Each record must be retyped word for word.
____________
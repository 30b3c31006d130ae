// Where in a capture a refusal was found.
ghost use Rattle.std.specs.Prelude.{◌≡◌, ◌≤◌};
ghost use Rattle.inspection.specs.Places.{record_from, refused_block, refused_byte};

use capture::block::{AFTER_HEADER, BLOCK, LAST_WORD, MOST_BLOCKS, RECORDS, USED, used_bytes};
use capture::{Refusal, check_block, check_record};

// The first block that is refused, or how many there are.
pub fn refused_block(bytes: &[u8]) -> usize
    ensures value { result ≡ refused_block bytes.now }
    ensures bound { result ≤ 4096 }
{
    let (blocks, _) = bytes.as_chunks::<BLOCK>();
    let blocks = &blocks[..blocks.len().min(MOST_BLOCKS)];
    // A `for`: `position` would count the blocks a second time, since each is asked under its number from `enumerate`.
    for (number, block) in blocks.iter().enumerate() {
        if check_block(number as u16, block).is_err() {
            return number;
        }
    }
    blocks.len()
}

// The place in its block of the first refused record of these bytes, or of their end. Each record says where the next begins.
fn refused_record(bytes: &[u8]) -> usize
    ensures { result ≡ record_from 4 0 bytes.now }
{
    let mut rest = bytes;
    while !rest.is_empty() && check_record(rest).is_ok() {
        rest = &rest[rest[0] as usize + AFTER_HEADER..];
    }
    RECORDS + (bytes.len() - rest.len())
}

// The byte of a block that its refusal speaks of.
pub fn refused_byte(refusal: Refusal, block: &[u8]) -> usize
    ensures { result ≡ refused_byte refusal block.now }
{
    match refusal {
        Refusal::Blocks | Refusal::Number => 0,
        Refusal::Used => USED,
        Refusal::Checksum => LAST_WORD,
        Refusal::Length | Refusal::Fields => refused_record(used_bytes(block)),
    }
}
____________
* Written response:
repository 30b3c31006d130ae
// Where in a capture a refusal was found.
ghost use Rattle.std.specs.Prelude.{◌≡◌, ◌≤◌};
ghost use Rattle.inspection.specs.Places.{record_from, refused_block, refused_byte};

use capture::block::{AFTER_HEADER, BLOCK, LAST_WORD, MOST_BLOCKS, RECORDS, USED, used_bytes};
use capture::{Refusal, check_block, check_record};

// The first block that is refused, or how many there are.
pub fn refused_block(bytes: &[u8]) -> usize
    ensures value { result ≡ refused_block bytes.now }
    ensures bound { result ≤ 4096 }
{
    let (blocks, _) = bytes.as_chunks::<BLOCK>();
    let blocks = &blocks[..blocks.len().min(MOST_BLOCKS)];
    // A `for`: `position` would count the blocks a second time, since each is asked under its number from `enumerate`.
    for (number, block) in blocks.iter().enumerate() {
        if check_block(number as u16, block).is_err() {
            return number;
        }
    }
    blocks.len()
}

// The place in its block of the first refused record of these bytes, or of their end. Each record says where the next begins.
fn refused_record(bytes: &[u8]) -> usize
    ensures { result ≡ record_from 4 0 bytes.now }
{
    let mut rest = bytes;
    while !rest.is_empty() && check_record(rest).is_ok() {
        rest = &rest[rest[0] as usize + AFTER_HEADER..];
    }
    RECORDS + (bytes.len() - rest.len())
}

// The byte of a block that its refusal speaks of.
pub fn refused_byte(refusal: Refusal, block: &[u8]) -> usize
    ensures { result ≡ refused_byte refusal block.now }
{
    match refusal {
        Refusal::Blocks | Refusal::Number => 0,
        Refusal::Used => USED,
        Refusal::Checksum => LAST_WORD,
        Refusal::Length | Refusal::Fields => refused_record(used_bytes(block)),
    }
}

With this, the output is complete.